(Records contained in a dataset)
[Start of Attachment]
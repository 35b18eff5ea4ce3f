// The types of `control.rs`.

// Targets are in feet above the node's elevation, times in seconds.
#[derive(Clone, Copy)]
pub enum ControlCondition {
    HighPressure { node: usize, target: f64 },
    LowPressure { node: usize, target: f64 },
    HighLevel { tank: usize, target: f64 },
    LowLevel { tank: usize, target: f64 },
    Time { seconds: u32 },
    ClockTime { seconds: u32 },
}

// `status`: the status that it sets, and `setting`: the setting; a status wins.
#[derive(Clone, Copy)]
pub struct Control {
    pub condition: ControlCondition,
    pub link: usize,
    pub status: Option<u32>,
    pub setting: Option<f64>,
}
[End of Attachment]
Print all of the entries exactly as they appear.

repository 35b18eff5ea4ce3f
// The types of `control.rs`.

// Targets are in feet above the node's elevation, times in seconds.
#[derive(Clone, Copy)]
pub enum ControlCondition {
    HighPressure { node: usize, target: f64 },
    LowPressure { node: usize, target: f64 },
    HighLevel { tank: usize, target: f64 },
    LowLevel { tank: usize, target: f64 },
    Time { seconds: u32 },
    ClockTime { seconds: u32 },
}

// `status`: the status that it sets, and `setting`: the setting; a status wins.
#[derive(Clone, Copy)]
pub struct Control {
    pub condition: ControlCondition,
    pub link: usize,
    pub status: Option<u32>,
    pub setting: Option<f64>,
}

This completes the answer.